Question : Kerberos & Sharepoint problems

Hi,

I need to change all my MOSS web apps to use Kerberos as opposed to NTLM. I've followed the many guides on the internet, adding SPN's for the following service accounts in AD:

DB Acceess Account:
SSP Application Pool ID:
MySites Application Pool ID:
Site Collection Application Pool ID:

I've also set up the trust delegation for all servers in the loop.

However (like most things Sharepoint), didn't work on my first attempt. When I browse with IE to the site collection on the test web app, I get authentication box pop up asking for username and password, I put these in, doesn't let me in and finally times out with the 'Internet Explorer cannot display the webpage' or 'You are not authorised to view this page' message.

I've used wireshark to find out what's going on, whether my SPN's ect have been set up incorrectly. What I find is the following kerberos related message:

error_code: KRB5KRB_ERR_RESPONSE_TOO_BIG (52)

Followed by

[Unreassembled Packet [incorrect TCP checksum]: KRB5]

I've looked online, couldn't find any info on this error.
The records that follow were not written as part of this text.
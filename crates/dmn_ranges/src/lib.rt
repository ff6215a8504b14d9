//! What expressions, decision tables, boxed expressions and decision services can give, whatever values their names have in the
//! sets that are said.
#![tactic(auto)]

mod analysed;
mod asking;
mod bounded;
mod boxed;
#[cfg(test)]
mod boxed_tests;
mod calls;
mod columns;
mod comparison;
mod domain;
#[cfg(test)]
mod domain_tests;
mod entries;
mod expression;
mod folded;
mod interval;
mod members;
#[cfg(test)]
mod members_tests;
mod names;
mod numbers;
mod outcomes;
mod parts;
mod range;
mod rule;
mod service;
mod size;
mod span;
mod table;
#[cfg(test)]
mod table_tests;
mod tally;
#[cfg(test)]
mod tests;
mod texts;
mod truths;
mod wider;

pub use asking::columns_asked;
pub use boxed::range_of_logic;
pub use columns::{ToldTables, columns_of_service};
pub use domain::range_of_domain;
pub use expression::range_of_expression;
pub use interval::Interval;
pub use outcomes::Outcomes;
pub use range::{MemberRange, NamedRange, ParameterRange, Range};
pub use service::{
    ServiceRanges, range_of_service, ranges_of_decisions, ranges_of_service, told_at,
};
pub use size::Size;
pub use table::range_of_table;
pub use texts::{Texts, Word};
pub use wider::either_tables;
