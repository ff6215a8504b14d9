//! What is known of the members of what names stand for.
ghost use Rattle.std.specs.Prelude.{◌≡◌, List, ℕ, map, string_bytes};
ghost use Rattle.feel_text.specs.View.{view};
ghost use Rattle.dmn_ranges.specs.Names.{members_if};
ghost use Rattle.dmn_ranges.specs.Ranges.{members_of};
ghost use Rattle.dmn_ranges.specs.Steps.{is_path as is_path_of, known_or as known_or_of, member_at as member_at_of, members_behind};

use crate::names::Names;
use crate::outcomes::Outcomes;
use crate::range::{MemberRange, ParameterRange, Range};
use feel_text::Tree;

// Whether an expression is this path into what a name stands for. The last name of the path comes first.
fn is_path(expr: &Tree, path: &[String]) -> bool
    ensures { result ≡ is_path_of (view expr.now) (map string_bytes path.now) }
{
    match expr {
        Tree::Name(_) => path.is_empty(),
        Tree::Group(inner) => is_path(inner, path),
        Tree::Path(inner, name) => {
            let Some((last, others)) = path.split_first() else {
                return false;
            };
            if last.as_str() != name.as_str() {
                return false;
            }
            is_path(inner, others)
        }
        _ => false,
    }
}

// The parameter that a path leads into, if it does.
fn parameter_behind<'a>(expr: &Tree, names: &Names<'a>) -> Option<&'a ParameterRange>
    ensures { members_if result ≡ members_behind (view expr.now) names.now }
{
    match expr {
        Tree::Name(reference) => names.parameter(reference.name.as_str()),
        Tree::Group(inner) => parameter_behind(inner, names),
        Tree::Path(inner, _) => parameter_behind(inner, names),
        _ => None,
    }
}

// What is known of an expression among the members of a parameter.
fn member_at(expr: &Tree, members: &[MemberRange]) -> Option<Range>
    ensures { result ≡ member_at_of (view expr.now) (members_of members.now) }
{
    for member in members {
        if is_path(expr, &member.path) {
            return Some(member.range);
        }
    }
    None
}

/// What is known of a member of a parameter that a path leads to. The steps are in proportion to the length of the path and to the number
/// of members that are known of the parameter.
pub(crate) fn known_member(expr: &Tree, names: &Names) -> Option<Range>
    ensures { result ≡ member_at_of (view expr.now) (members_behind (view expr.now) names.now) }
{
    let Some(parameter) = parameter_behind(expr, names) else {
        return None;
    };
    member_at(expr, &parameter.members)
}

/// A value of the range that is known; where none is known, the others.
pub(crate) fn known_or(known: Option<Range>, others: Outcomes) -> Outcomes
    ensures { result ≡ known_or_of known others }
{
    match known {
        Some(range) => Outcomes::given(range),
        None => others,
    }
}
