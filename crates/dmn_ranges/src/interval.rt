//! Intervals of whole numbers.
ghost use Rattle.std.specs.Prelude.{◌≡◌, int_lt, int_le, if◌then◌else◌};
ghost use Rattle.feel_text.specs.Meaning.{least, greatest};
ghost use Rattle.dmn_ranges.specs.Numbers.{hull as hull_of, are_less as are_less_of, reach as reach_of};

/// The whole numbers from `low` to `high`.
#[derive(Clone, Copy, Debug, PartialEq, Eq)]
pub struct Interval {
    pub low: i64,
    pub high: i64,
}

pub(crate) fn lower(x: i64, y: i64) -> i64
    ensures { result ≡ least x y }
{
    if y < x { y } else { x }
}

pub(crate) fn higher(x: i64, y: i64) -> i64
    ensures { result ≡ greatest x y }
{
    if x < y { y } else { x }
}

/// An interval with the numbers of both.
pub(crate) fn hull(x: Option<Interval>, y: Option<Interval>) -> Option<Interval>
    ensures { result ≡ hull_of x y }
{
    match (x, y) {
        (Some(x), Some(y)) => Some(Interval {
            low: lower(x.low, y.low),
            high: higher(x.high, y.high),
        }),
        (Some(x), None) => Some(x),
        (None, y) => y,
    }
}

/// Whether some number of the first is less than some number of the second.
pub(crate) fn are_less(x: Option<Interval>, y: Option<Interval>) -> bool
    ensures { result ≡ are_less_of x y }
{
    match (x, y) {
        (Some(x), Some(y)) => x.low < y.high,
        _ => false,
    }
}

/// Whether some number of the first is not less than some number of the second.
pub(crate) fn reach(x: Option<Interval>, y: Option<Interval>) -> bool
    ensures { result ≡ reach_of x y }
{
    match (x, y) {
        (Some(x), Some(y)) => y.low <= x.high,
        _ => false,
    }
}
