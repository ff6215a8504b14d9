//! What the services of a model can give.
ghost use Rattle.std.specs.Prelude.{◌≡◌, ◌++◌, ◌||◌, ◌<◌, IfOk, OnOk, length, map, nat_lt, take};
ghost use Rattle.std.specs.List.{All, flat_map};
ghost use Rattle.desk_lines.specs.Lines.{ended};
ghost use Rattle.desk_ranges.specs.Gives.{IsMore, TellsEach, TellsServices, fails_with, most_services, written_name};
ghost use Rattle.desk_ranges.specs.Lines.{decision_lines, more_services, service_lines};

use crate::lines::{add_decision, add_more, add_result};
use dmn_form::WrittenService;
use dmn_plan::Plan;
use dmn_ranges::{Outcomes, told_at};
use dmn_told::{Domain, ServiceTold, told_of_service};
use std::alloc::{AllocError, Global};

/// How many services are looked at. Each may need all decisions of a model.
const MOST_SERVICES: usize = 100;

/// How many steps the analysis of the tables takes at most: as many for each of the services.
const STEPS: u64 = 1_000_000;

/// What is told of services, one after another.
#[derive(Drop)]
pub struct Gives {
    /// A line for each service, with those of its decisions after it.
    pub text: Vec<u8>,
    /// Whether one of the services can give null, or break a limit; or is left out, so that this isn't known.
    pub can_fail: bool,
}

fn fails_with(outcomes: Outcomes) -> bool
    ensures { result ≡ fails_with outcomes }
{
    outcomes.range.nulls || outcomes.limit
}

fn either(a: bool, b: bool) -> bool
    ensures { result ≡ a || b }
{
    a || b
}

/// Adds the lines of the decisions at these places.
fn add_decisions(
    alloc: Global,
    service: &str,
    told: &ServiceTold,
    order: &[usize],
    text: &mut Vec<u8>,
) -> Result<(), AllocError>
    requires { All (λ q. q < length told.now.items.now) order.now }
    ensures { OnOk result (text.new.items ≡ text.old.items ++ flat_map ended (decision_lines service.now told.now order.now)) }
{
    let items = told.items;
    for place in order {
        let outcomes = told_at(&told.decisions, *place);
        let decision = items[*place].name.as_str();
        add_decision(alloc, decision, service, outcomes, text)?;
    }
    Ok(())
}

/// Adds the lines of a service.
fn add_service(
    alloc: Global,
    service: &str,
    told: &ServiceTold,
    text: &mut Vec<u8>,
) -> Result<(), AllocError>
    requires { All (λ q. q < length told.now.items.now) told.now.plan.now.order.items }
    ensures { OnOk result (text.new.items ≡ text.old.items ++ flat_map ended (service_lines service.now told.now)) }
{
    add_result(alloc, service, told.result, text)?;
    add_decisions(alloc, service, told, &told.plan.order, text)?;
    Ok(())
}

impl Gives {
    /// Looks at a service.
    fn look_at(
        &mut self,
        alloc: Global,
        plan: &Plan,
        service: &str,
        domains: &[Domain],
        steps: u64,
    ) -> Result<(), AllocError>
        ensures { OnOk result (IsMore plan.now domains.now service.now self.old self.new) }
    {
        let Some(told) = told_of_service(alloc, plan, service, domains, steps)? else {
            return Ok(());
        };
        self.can_fail = either(self.can_fail, fails_with(told.result));
        add_service(alloc, service, &told, &mut self.text)?;
        Ok(())
    }

    /// Tells how many services are left out.
    fn leave_out(&mut self, more: usize) -> Result<(), AllocError>
        ensures text { OnOk result (self.new.text.items ≡ self.old.text.items ++ flat_map ended (more_services more)) }
        ensures fails { OnOk result (self.new.can_fail ≡ (self.old.can_fail || nat_lt 0 more)) }
    {
        add_more(more, &mut self.text)?;
        self.can_fail = either(self.can_fail, 0 < more);
        Ok(())
    }
}

/// The first of these services, as many as are looked at.
fn looked_at(services: &[WrittenService]) -> &[WrittenService]
    ensures { result.now ≡ take most_services services.now }
{
    if services.len() <= MOST_SERVICES {
        return services;
    }
    let (first, _rest) = services.split_at(MOST_SERVICES);
    first
}

/// The steps for each of so many services.
fn steps_for_each(services: usize) -> u64 {
    if services == 0 {
        return STEPS;
    }
    STEPS / services as u64
}

/// What each of these services and its decisions can give.
fn gives_of_each(
    alloc: Global,
    plan: &Plan,
    services: &[WrittenService],
    domains: &[Domain],
) -> Result<Gives, AllocError>
    ensures { IfOk result (TellsEach plan.now domains.now (map written_name services.now)) }
{
    let mut gives = Gives {
        text: Vec::new(alloc),
        can_fail: false,
    };
    let steps = steps_for_each(services.len());
    for place in 0..services.len() {
        let service = &services[place];
        gives.look_at(alloc, plan, service.name.as_str(), domains, steps)?;
    }
    Ok(gives)
}

/// What the first 100 of these services of a model and their decisions can give, where each value of a parameter meets the tests that
/// are declared under the parameter's name; and how many others there are. The domains are in the order of their names. The analysis of
/// the tables takes at most 1,000,000 steps in all, as many for each service: a table that those don't suffice for is told as one of
/// which no rule may hit, or several.
pub fn gives_of_services(
    alloc: Global,
    plan: &Plan,
    services: &[WrittenService],
    domains: &[Domain],
) -> Result<Gives, AllocError>
    ensures { IfOk result (TellsServices plan.now domains.now (map written_name services.now)) }
{
    let mut gives = gives_of_each(alloc, plan, looked_at(services), domains)?;
    gives.leave_out(services.len().saturating_sub(MOST_SERVICES))?;
    Ok(gives)
}
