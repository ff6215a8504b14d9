//! What boxed expressions can give.
ghost use Rattle.std.specs.Prelude.{◌≡◌, IfOk, OnOk, length, take, true};
ghost use Rattle.feel_text.specs.Meaning.{Bindings};
ghost use Rattle.dmn_form.specs.Model.{list as list_of_members};
ghost use Rattle.dmn_logic.specs.Boxed.{boxed};
ghost use Rattle.dmn_logic.specs.LogicView.{logic_view, members_view, entries_view};
ghost use Rattle.dmn_ranges.specs.Boxes.{TellsBox, TellsEntries};
ghost use Rattle.dmn_ranges.specs.Ranges.{Fits, covers, scope};
ghost use Rattle.dmn_ranges.specs.Steps.{list_of};

use crate::expression::expr_outcomes;
use crate::names::Names;
use crate::outcomes::Outcomes;
use crate::parts::Parts;
use crate::range::{NamedRange, either};
use crate::rule::some_context;
use crate::table::table_outcomes;
use dmn_logic::Logic;
use std::alloc::{AllocError, Global};
use std::sync::ArcStr;

/// What a boxed expression can give, where each name stands for a value of its range.
///
/// Whatever values of their ranges the names have, its value lies in the range that is answered; and where a limit is broken, the
/// answer says that it can be. It goes as deep as the expression is. The analysis of all its tables takes at most so many steps.
pub fn range_of_logic(
    alloc: Global,
    logic: &Logic,
    names: &[NamedRange],
    steps: u64,
) -> Result<Outcomes, AllocError>
    ensures { IfOk result (λ o. (m : Bindings) → Fits (scope names.now) m → covers o (boxed (logic_view logic.now) m) ≡ true) }
{
    let mut listed = Names::listed(alloc, names)?;
    let mut rest = steps;
    let told = box_outcomes(alloc, logic, &mut listed, &mut rest)?;
    Ok(told)
}

// The names are as before once it is worked out.
#[cycle(boxes)]
pub(crate) fn box_outcomes(
    alloc: Global,
    logic: &Logic,
    names: &mut Names,
    steps: &mut u64,
) -> Result<Outcomes, AllocError>
    ensures told { IfOk result (TellsBox names.old (logic_view logic.now)) }
    ensures names { OnOk result (names.new ≡ names.old) }
{
    match logic {
        Logic::Expression(expression) => Ok(expr_outcomes(expression, names)),
        Logic::Table(table) => {
            let given = table_outcomes(alloc, table, names, steps)?;
            Ok(given)
        }
        Logic::List(logics) => {
            let parts = members(alloc, logics, names, steps)?;
            Ok(parts.list())
        }
        Logic::Context(_) => Ok(some_context()),
        Logic::ContextWith(entries, last) => {
            let count = names.len();
            let limit = bind_entries(alloc, entries, names, steps)?;
            let told = box_outcomes(alloc, last, names, steps)?;
            names.cut(count);
            Ok(told.limited(limit))
        }
    }
}

// The members of a list.
#[cycle(boxes)]
fn members(
    alloc: Global,
    logics: &[Logic],
    names: &mut Names,
    steps: &mut u64,
) -> Result<Parts, AllocError>
    ensures told { IfOk result (λ p. TellsBox names.old (list_of_members (members_view logics.now)) (list_of p)) }
    ensures names { OnOk result (names.new ≡ names.old) }
{
    let mut parts = Parts::none();
    for logic in logics {
        let told = box_outcomes(alloc, logic, names, steps)?;
        parts = parts.with(told);
    }
    Ok(parts)
}

// Binds the entries of a context behind the names, each of which sees the earlier ones, and answers whether one of them can break a
// limit.
#[cycle(boxes)]
fn bind_entries(
    alloc: Global,
    entries: &[(ArcStr, Logic)],
    names: &mut Names,
    steps: &mut u64,
) -> Result<bool, AllocError>
    ensures told { IfOk result (λ limit. TellsEntries names.old (entries_view entries.now) limit names.new) }
    ensures names { OnOk result (take (length names.old) names.new ≡ names.old) }
{
    let mut limit = false;
    for (name, logic) in entries {
        let told = box_outcomes(alloc, logic, names, steps)?;
        limit = either(limit, told.limit);
        names.bind(alloc, name.as_str(), told.range, None)?;
    }
    Ok(limit)
}
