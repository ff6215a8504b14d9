//! What the services and decisions of a model can give, as lines of JSON.
#![tactic(auto)]

mod gives;
mod lines;

pub use gives::{Gives, gives_of_services};
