//! What unary tests can answer of a value.
ghost use Rattle.std.specs.Prelude.{◌≡◌, map};
ghost use Rattle.feel_text.specs.TestsView.{bound_view, test_view};
ghost use Rattle.feel_text.specs.View.{view};
ghost use Rattle.dmn_ranges.specs.Entries.{stands as stands_of, among as among_of, compared as compared_of, test_answers as test_answers_of, always as always_answers, never as never_answers, both_answers, or_test as or_test_of, any_answers as any_answers_of, opposite_answers as opposite_of_answers, entry_answers as entry_answers_of};
ghost use Rattle.dmn_ranges.specs.Steps.{outcomes as outcomes_of, and_truths as and_of_truths, or_truths as or_of_truths};

use crate::comparison::{equal_truths, less_truths};
use crate::expression::outcomes;
use crate::names::Names;
use crate::range::{Range, either};
use crate::truths::{Truths, and_truths, opposite, or_truths};
use feel_text::{Bound, Test, Tests, TestsTree, Tree, high_end, low_end};

/// What tests can answer: truth values, or, where this is said, that a limit is broken.
#[derive(Clone, Copy)]
pub(crate) struct Answers {
    pub(crate) truth: Truths,
    pub(crate) limit: bool,
}

impl Answers {
    // Yes.
    fn always() -> Answers
        ensures { result ≡ always_answers }
    {
        Answers {
            truth: Truths {
                yes: true,
                no: false,
                unknown: false,
            },
            limit: false,
        }
    }

    // No.
    fn never() -> Answers
        ensures { result ≡ never_answers }
    {
        Answers {
            truth: Truths {
                yes: false,
                no: true,
                unknown: false,
            },
            limit: false,
        }
    }

    // Whether both hold.
    fn and(self, other: Answers) -> Answers
        ensures { result ≡ both_answers and_of_truths self other }
    {
        Answers {
            truth: and_truths(self.truth, other.truth),
            limit: either(self.limit, other.limit),
        }
    }

    // Whether one of them holds.
    fn or(self, other: Answers) -> Answers
        ensures { result ≡ both_answers or_of_truths self other }
    {
        Answers {
            truth: or_truths(self.truth, other.truth),
            limit: either(self.limit, other.limit),
        }
    }

    // Whether it doesn't hold.
    fn opposite(self) -> Answers
        ensures { result ≡ opposite_of_answers self }
    {
        Answers {
            truth: opposite(self.truth),
            limit: self.limit,
        }
    }
}

// Whether a value stands so to another.
fn stands(bound: Bound, value: Range, other: Range) -> Truths
    ensures { result ≡ stands_of (bound_view bound) value other }
{
    match bound {
        Bound::Below => less_truths(value, other),
        Bound::AtMost => opposite(less_truths(other, value)),
        Bound::Above => less_truths(other, value),
        Bound::AtLeast => opposite(less_truths(value, other)),
    }
}

// Whether a value is another, or a member of the list that the other one is.
fn among(value: Range, other: Range) -> Truths
    ensures { result ≡ among_of value other }
{
    let equal = equal_truths(value, other);
    Truths {
        yes: either(equal.yes, other.lists),
        no: either(equal.no, equal.unknown),
        unknown: false,
    }
}

// Whether a value stands so to that of an expression.
fn compared(bound: Bound, value: Range, expr: &Tree, names: &Names) -> Answers
    ensures { result ≡ compared_of (bound_view bound) value (outcomes_of (view expr.now) names.now) }
{
    let other = outcomes(expr, names);
    Answers {
        truth: stands(bound, value, other.range),
        limit: other.limit,
    }
}

// What one test answers.
fn test_answers(test: &Test, value: Range, names: &Names) -> Answers
    ensures { result ≡ test_answers_of value names.now (test_view test.now) }
{
    match test {
        Test::Compares(bound, expr) => compared(*bound, value, expr, names),
        Test::Interval(closed_low, low, high, closed_high) => {
            let above = compared(low_end(*closed_low), value, low, names);
            let below = compared(high_end(*closed_high), value, high, names);
            above.and(below)
        }
        Test::Equals(expr) => {
            let other = outcomes(expr, names);
            Answers {
                truth: among(value, other.range),
                limit: other.limit,
            }
        }
    }
}

// Whether this is so, or one test more is met.
fn or_test(answers: Answers, test: &Test, value: Range, names: &Names) -> Answers
    ensures { result ≡ or_test_of value names.now answers (test_view test.now) }
{
    answers.or(test_answers(test, value, names))
}

// Whether one of the tests is met.
fn any_answers(tests: &[Test], value: Range, names: &Names) -> Answers
    ensures { result ≡ any_answers_of value names.now (map test_view tests.now) }
{
    let mut answers = Answers::never();
    for test in tests {
        answers = or_test(answers, test, value, names);
    }
    answers
}

/// What an input entry answers of a value.
pub(crate) fn entry_answers(entry: &Tests, value: Range, names: &Names) -> Answers
    ensures { result ≡ entry_answers_of value names.now entry.now }
{
    match entry.tree() {
        TestsTree::Any => Answers::always(),
        TestsTree::OneOf(tests) => any_answers(tests, value, names),
        TestsTree::NoneOf(tests) => any_answers(tests, value, names).opposite(),
    }
}
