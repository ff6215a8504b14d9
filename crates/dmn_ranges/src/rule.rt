//! Whether a rule can hit, and what its output entries can give.
ghost use Rattle.std.specs.Prelude.{◌≡◌, map};
ghost use Rattle.std.specs.List.{zip, list_any};
ghost use Rattle.dmn_table.specs.Parts.{column_view};
ghost use Rattle.dmn_ranges.specs.Tables.{surely as surely_of, with_expr as with_expr_of, expr_parts as expr_parts_of, with_fallback as with_fallback_of, fallback_parts as fallback_parts_of, fallbacks as fallbacks_of, with_entry as with_entry_of, ask_entry as ask_entry_of, rule_hits as rule_hits_of, some_context as a_context, only as only_of, rule_gives as rule_gives_of, fallback_outcomes as fallback_of, default_outcomes as default_outcomes_of};

use crate::entries::{Answers, entry_answers};
use crate::expression::expr_outcomes;
use crate::names::Names;
use crate::outcomes::Outcomes;
use crate::parts::Parts;
use crate::range::{Range, both, either};
use crate::size::Size;
use dmn_table::{Output, has_no_default};
use feel_lang::{Expr, Tests};

/// Output columns: whether there is a single one, and whether their names are distinct.
#[derive(Clone, Copy)]
pub(crate) struct Shape {
    pub(crate) single: bool,
    pub(crate) distinct: bool,
}

/// What can become of a rule: that it hits, that it misses, that an input entry breaks a limit.
#[derive(Clone, Copy)]
pub(crate) struct Hits {
    pub(crate) hit: bool,
    pub(crate) miss: bool,
    pub(crate) limit: bool,
}

impl Hits {
    // Of a rule with no entry.
    fn surely() -> Hits
        ensures { result ≡ surely_of }
    {
        Hits {
            hit: true,
            miss: false,
            limit: false,
        }
    }

    // With one entry more, of which this can be answered.
    fn with_entry(self, entry: Answers) -> Hits
        ensures { result ≡ with_entry_of self entry }
    {
        Hits {
            hit: both(self.hit, entry.truth.yes),
            miss: either(self.miss, either(entry.truth.no, entry.truth.unknown)),
            limit: either(self.limit, entry.limit),
        }
    }
}

// With one entry more, asked of what the input of its column can be.
fn ask_entry(hits: Hits, entry: &Tests, column: &Outcomes, names: &Names) -> Hits
    ensures { result ≡ ask_entry_of names.now hits (entry.now, column.now) }
{
    hits.with_entry(entry_answers(entry, column.range, names))
}

/// What can become of a rule with these input entries, from what the input of each column can be.
pub(crate) fn rule_hits(entries: &[Tests], columns: &[Outcomes], names: &Names) -> Hits
    ensures { result ≡ rule_hits_of names.now (zip entries.now columns.now) }
{
    let mut hits = Hits::surely();
    for (entry, column) in entries.iter().zip(columns) {
        hits = ask_entry(hits, entry, column, names);
    }
    hits
}

/// A context, of whose size nothing is known.
pub(crate) fn some_context() -> Outcomes
    ensures { result ≡ a_context }
{
    Outcomes {
        range: Range::contexts_of(Size::any()),
        limit: true,
    }
}

// What the only expression gives.
fn only(exprs: &[Expr], names: &Names) -> Outcomes
    ensures { result ≡ only_of names.now exprs.now }
{
    let Some((first, others)) = exprs.split_first() else {
        return some_context();
    };
    match others.split_first() {
        Some(_) => some_context(),
        None => expr_outcomes(first, names),
    }
}

// The parts, and the value of one expression more.
fn with_expr(parts: Parts, expr: &Expr, names: &Names) -> Parts
    ensures { result ≡ with_expr_of names.now parts expr.now }
{
    parts.with(expr_outcomes(expr, names))
}

// The values of the expressions as parts.
fn expr_parts(exprs: &[Expr], names: &Names) -> Parts
    ensures { result ≡ expr_parts_of names.now exprs.now }
{
    let mut parts = Parts::none();
    for expr in exprs {
        parts = with_expr(parts, expr, names);
    }
    parts
}

/// What the output entries of a rule give under such output columns.
pub(crate) fn rule_gives(shape: Shape, gives: &[Expr], names: &Names) -> Outcomes
    ensures { result ≡ rule_gives_of shape names.now gives.now }
{
    if shape.single {
        only(gives, names)
    } else {
        expr_parts(gives, names).context(shape.distinct)
    }
}

// What the default of a column gives, which is null where it has none.
fn fallback(column: &Output, names: &Names) -> Outcomes
    ensures { result ≡ fallback_of names.now (column_view column.now).fallback }
{
    match &column.fallback {
        Some(expr) => expr_outcomes(expr, names),
        None => Outcomes::given(Range::null()),
    }
}

// The parts, and the default of one column more.
fn with_fallback(parts: Parts, column: &Output, names: &Names) -> Parts
    ensures { result ≡ with_fallback_of names.now parts (column_view column.now) }
{
    parts.with(fallback(column, names))
}

// The defaults of the columns as parts.
fn fallback_parts(columns: &[Output], names: &Names) -> Parts
    ensures { result ≡ fallback_parts_of names.now (map column_view columns.now) }
{
    let mut parts = Parts::none();
    for column in columns {
        parts = with_fallback(parts, column, names);
    }
    parts
}

// What the defaults of the columns give as one value, under names that are distinct where this is said.
fn fallbacks(distinct: bool, columns: &[Output], names: &Names) -> Outcomes
    ensures { result ≡ fallbacks_of distinct names.now (map column_view columns.now) }
{
    let Some((first, others)) = columns.split_first() else {
        return some_context();
    };
    match others.split_first() {
        Some(_) => fallback_parts(columns, names).context(distinct),
        None => fallback(first, names),
    }
}

/// What the defaults of these columns give, under names that are distinct where this is said.
pub(crate) fn defaults(distinct: bool, columns: &[Output], names: &Names) -> Outcomes
    ensures { result ≡ default_outcomes_of distinct names.now (map column_view columns.now) }
{
    if has_no_default(columns) {
        Outcomes::given(Range::null())
    } else {
        fallbacks(distinct, columns, names)
    }
}
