//! What is known of the members of written lists.
ghost use Rattle.std.specs.Prelude.{◌≡◌, ◌+◌, ℕ, Some};
ghost use Rattle.dmn_ranges.specs.Folds.{IsNearIf};
ghost use Rattle.dmn_ranges.specs.Numbers.{AreNear};
ghost use Rattle.dmn_ranges.specs.Steps.{first_member, with_member as with_member_of};

use crate::outcomes::Outcomes;
use crate::parts::Parts;
use crate::range::either;
use crate::span::{Span, folded_if, widened_if};
use feel_text::Function;

/// What is known of the first members of a written list.
#[derive(Clone, Copy)]
pub(crate) struct Folded {
    pub(crate) parts: Parts,
    /// What the function makes of them where all are numbers. None where they can't be.
    pub(crate) numbers: Option<Span>,
    /// Whether one can be no number.
    pub(crate) others: bool,
}

// Of the first member.
fn first(member: Outcomes) -> Folded
    ensures same { result ≡ first_member member }
    ensures near { AreNear 1 result.numbers }
{
    Folded {
        parts: Parts::none().with(member),
        numbers: widened_if(member.range.numbers),
        others: member.range.is_other(),
    }
}

// Of these members and one more.
fn next(function: Function, folded: Folded, member: Outcomes) -> Folded
    requires { AreNear 9223372036854775808 folded.numbers }
    ensures same { result ≡ with_member_of function (Some folded) member }
    ensures near { (n : ℕ) → AreNear n folded.numbers → AreNear (n + 1) result.numbers }
{
    Folded {
        parts: folded.parts.with(member),
        numbers: folded_if(function, folded.numbers, widened_if(member.range.numbers)),
        others: either(folded.others, member.range.is_other()),
    }
}

/// The first members with one more.
pub(crate) fn with_member(function: Function, folded: Option<Folded>, member: Outcomes) -> Folded
    requires { IsNearIf 9223372036854775808 folded }
    ensures same { result ≡ with_member_of function folded member }
    ensures near { (n : ℕ) → IsNearIf n folded → AreNear (n + 1) result.numbers }
{
    match folded {
        Some(folded) => next(function, folded, member),
        None => first(member),
    }
}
When I use firefox, this doesn't happen. Out of interest I also wiresharked this, looked at the logs and found no Kerberos activity. I suspect the with firefox it's reverting to NTLM for some reason. With IE it just doesn't work at all.

Can anyone help shed some light on this?

Answer : Kerberos & Sharepoint problems

Fixed it in the end. Removed all registered SPN's and started again. Made sure I used the same app pool username password for my app pool ID and dba access account. Painful.